• [Stored data]:
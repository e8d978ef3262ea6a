ghost use Rattle.std.specs.Prelude.{◌≡◌};
ghost use Rattle.s7_cli.specs.Answer.{exit_status, refused_file_status};
ghost use Rattle.s7_cli.specs.Faults.{failure_of_certificate, failure_of_compiling, failure_of_history, failure_of_loading, failure_of_text};

use crate::faults::CompileFault;
use event_text::TextFault;
use image_file::{LoadError, LoadFault};
use plc_base::Refusal;
use stack_bound::CertificateFault;
use std::alloc::AllocError;

/// A file that a command reads, or a text that it makes of one.
#[derive(Clone, Copy, Debug, PartialEq, Eq)]
pub enum File {
    Source,
    /// The translation of a source.
    Translation,
    Symbols,
    Image,
    /// A text of the listing of an image.
    Listing,
    History,
    Stimuli,
    /// What the last operator of a watch reads.
    Vars,
    /// The script of an operator, by his number.
    Script { number: u8 },
    Certificate,
}

/// Why a command wasn't done.
#[derive(Clone, Copy, Debug, PartialEq, Eq)]
pub enum Failure {
    /// The words of the call aren't those of a command.
    WordsRefused,
    /// A file can't be read.
    ReadFault,
    /// A file holds a byte past its limit, or a translation or a text of a listing would.
    TooLong { file: File },
    /// A file breaks a rule.
    Refused { file: File, refusal: Refusal },
    /// An image isn't that of a program that verifies.
    ImageRefused { fault: LoadFault },
    /// The listing of an image doesn't compile to its program.
    NoListing,
    /// A certificate doesn't hold.
    SaysNo,
    /// A chain of calls is too deep, and its line was written.
    TooDeep,
    /// The sink or an output file couldn't be written.
    WriteFault,
    /// Memory ran out.
    NoMemory,
}

impl From<AllocError> for Failure {
    ghost use Rattle.s7_cli.specs.declared.failures.Failure.TheVariants.{NoMemory};

    ghost from_gives = { λ _ failure. failure ≡ NoMemory };

    fn from(_error: AllocError) -> Failure {
        Failure::NoMemory
    }
}

impl From<CompileFault> for Failure {
    ghost from_gives = { λ fault failure. failure ≡ failure_of_compiling fault };

    fn from(fault: CompileFault) -> Failure {
        match fault {
            CompileFault::Symbols { refusal } => Failure::Refused {
                file: File::Symbols,
                refusal,
            },
            CompileFault::Source { refusal } => Failure::Refused {
                file: File::Source,
                refusal,
            },
            CompileFault::NoMemory => Failure::NoMemory,
        }
    }
}

impl From<LoadError> for Failure {
    ghost from_gives = { λ fault failure. failure ≡ failure_of_loading fault };

    fn from(error: LoadError) -> Failure {
        match error {
            LoadError::Fault { fault } => Failure::ImageRefused { fault },
            LoadError::NoMemory => Failure::NoMemory,
        }
    }
}

/// The failure by a fault of this file: a history, stimuli or a script.
pub(crate) fn failure_of_text(file: File, fault: TextFault) -> Failure
    ensures { result ≡ failure_of_text file fault }
{
    match fault {
        TextFault::BadLine { line, rule } => Failure::Refused {
            file,
            refusal: Refusal { line, rule },
        },
        TextFault::NoMemory => Failure::NoMemory,
    }
}

impl From<TextFault> for Failure {
    ghost from_gives = { λ fault failure. failure ≡ failure_of_history fault };

    fn from(fault: TextFault) -> Failure {
        failure_of_text(File::History, fault)
    }
}

impl From<CertificateFault> for Failure {
    ghost from_gives = { λ fault failure. failure ≡ failure_of_certificate fault };

    fn from(fault: CertificateFault) -> Failure {
        match fault {
            CertificateFault::BadLine { line, rule } => Failure::Refused {
                file: File::Certificate,
                refusal: Refusal { line, rule },
            },
            CertificateFault::NoMemory => Failure::NoMemory,
        }
    }
}

/// The exit status of a call.
#[derive(Clone, Copy, Debug, PartialEq, Eq)]
pub struct ExitStatus {
    pub code: u8,
}

/// The exit status where this file breaks a rule.
fn refused_code(file: File) -> u8
    ensures { result ≡ refused_file_status file }
{
    match file {
        File::Source | File::Translation | File::Symbols => 2,
        File::Image | File::Listing => 3,
        File::History | File::Stimuli | File::Vars | File::Script { .. } | File::Certificate => 4,
    }
}

impl ExitStatus {
    /// The exit status of a command that came out so.
    pub fn of(outcome: Result<(), Failure>) -> ExitStatus
        ensures { result.code ≡ exit_status outcome }
    {
        let code = match outcome {
            Ok(()) => 0,
            Err(Failure::WordsRefused) => 1,
            Err(Failure::Refused { file, .. }) => refused_code(file),
            Err(Failure::ImageRefused { .. }) => 3,
            Err(Failure::ReadFault) => 5,
            Err(Failure::WriteFault) => 6,
            Err(Failure::NoMemory) => 7,
            Err(Failure::TooLong { .. }) => 8,
            Err(Failure::NoListing) => 9,
            Err(Failure::SaysNo | Failure::TooDeep) => 10,
        };
        ExitStatus { code }
    }
}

• [Description of the task]: Could the data above be set down exactly, in full?

• [Your solution]:
repository e8d978ef3262ea6a
ghost use Rattle.std.specs.Prelude.{◌≡◌};
ghost use Rattle.s7_cli.specs.Answer.{exit_status, refused_file_status};
ghost use Rattle.s7_cli.specs.Faults.{failure_of_certificate, failure_of_compiling, failure_of_history, failure_of_loading, failure_of_text};

use crate::faults::CompileFault;
use event_text::TextFault;
use image_file::{LoadError, LoadFault};
use plc_base::Refusal;
use stack_bound::CertificateFault;
use std::alloc::AllocError;

/// A file that a command reads, or a text that it makes of one.
#[derive(Clone, Copy, Debug, PartialEq, Eq)]
pub enum File {
    Source,
    /// The translation of a source.
    Translation,
    Symbols,
    Image,
    /// A text of the listing of an image.
    Listing,
    History,
    Stimuli,
    /// What the last operator of a watch reads.
    Vars,
    /// The script of an operator, by his number.
    Script { number: u8 },
    Certificate,
}

/// Why a command wasn't done.
#[derive(Clone, Copy, Debug, PartialEq, Eq)]
pub enum Failure {
    /// The words of the call aren't those of a command.
    WordsRefused,
    /// A file can't be read.
    ReadFault,
    /// A file holds a byte past its limit, or a translation or a text of a listing would.
    TooLong { file: File },
    /// A file breaks a rule.
    Refused { file: File, refusal: Refusal },
    /// An image isn't that of a program that verifies.
    ImageRefused { fault: LoadFault },
    /// The listing of an image doesn't compile to its program.
    NoListing,
    /// A certificate doesn't hold.
    SaysNo,
    /// A chain of calls is too deep, and its line was written.
    TooDeep,
    /// The sink or an output file couldn't be written.
    WriteFault,
    /// Memory ran out.
    NoMemory,
}

impl From<AllocError> for Failure {
    ghost use Rattle.s7_cli.specs.declared.failures.Failure.TheVariants.{NoMemory};

    ghost from_gives = { λ _ failure. failure ≡ NoMemory };

    fn from(_error: AllocError) -> Failure {
        Failure::NoMemory
    }
}

impl From<CompileFault> for Failure {
    ghost from_gives = { λ fault failure. failure ≡ failure_of_compiling fault };

    fn from(fault: CompileFault) -> Failure {
        match fault {
            CompileFault::Symbols { refusal } => Failure::Refused {
                file: File::Symbols,
                refusal,
            },
            CompileFault::Source { refusal } => Failure::Refused {
                file: File::Source,
                refusal,
            },
            CompileFault::NoMemory => Failure::NoMemory,
        }
    }
}

impl From<LoadError> for Failure {
    ghost from_gives = { λ fault failure. failure ≡ failure_of_loading fault };

    fn from(error: LoadError) -> Failure {
        match error {
            LoadError::Fault { fault } => Failure::ImageRefused { fault },
            LoadError::NoMemory => Failure::NoMemory,
        }
    }
}

/// The failure by a fault of this file: a history, stimuli or a script.
pub(crate) fn failure_of_text(file: File, fault: TextFault) -> Failure
    ensures { result ≡ failure_of_text file fault }
{
    match fault {
        TextFault::BadLine { line, rule } => Failure::Refused {
            file,
            refusal: Refusal { line, rule },
        },
        TextFault::NoMemory => Failure::NoMemory,
    }
}

impl From<TextFault> for Failure {
    ghost from_gives = { λ fault failure. failure ≡ failure_of_history fault };

    fn from(fault: TextFault) -> Failure {
        failure_of_text(File::History, fault)
    }
}

impl From<CertificateFault> for Failure {
    ghost from_gives = { λ fault failure. failure ≡ failure_of_certificate fault };

    fn from(fault: CertificateFault) -> Failure {
        match fault {
            CertificateFault::BadLine { line, rule } => Failure::Refused {
                file: File::Certificate,
                refusal: Refusal { line, rule },
            },
            CertificateFault::NoMemory => Failure::NoMemory,
        }
    }
}

/// The exit status of a call.
#[derive(Clone, Copy, Debug, PartialEq, Eq)]
pub struct ExitStatus {
    pub code: u8,
}

/// The exit status where this file breaks a rule.
fn refused_code(file: File) -> u8
    ensures { result ≡ refused_file_status file }
{
    match file {
        File::Source | File::Translation | File::Symbols => 2,
        File::Image | File::Listing => 3,
        File::History | File::Stimuli | File::Vars | File::Script { .. } | File::Certificate => 4,
    }
}

impl ExitStatus {
    /// The exit status of a command that came out so.
    pub fn of(outcome: Result<(), Failure>) -> ExitStatus
        ensures { result.code ≡ exit_status outcome }
    {
        let code = match outcome {
            Ok(()) => 0,
            Err(Failure::WordsRefused) => 1,
            Err(Failure::Refused { file, .. }) => refused_code(file),
            Err(Failure::ImageRefused { .. }) => 3,
            Err(Failure::ReadFault) => 5,
            Err(Failure::WriteFault) => 6,
            Err(Failure::NoMemory) => 7,
            Err(Failure::TooLong { .. }) => 8,
            Err(Failure::NoListing) => 9,
            Err(Failure::SaysNo | Failure::TooDeep) => 10,
        };
        ExitStatus { code }
    }
}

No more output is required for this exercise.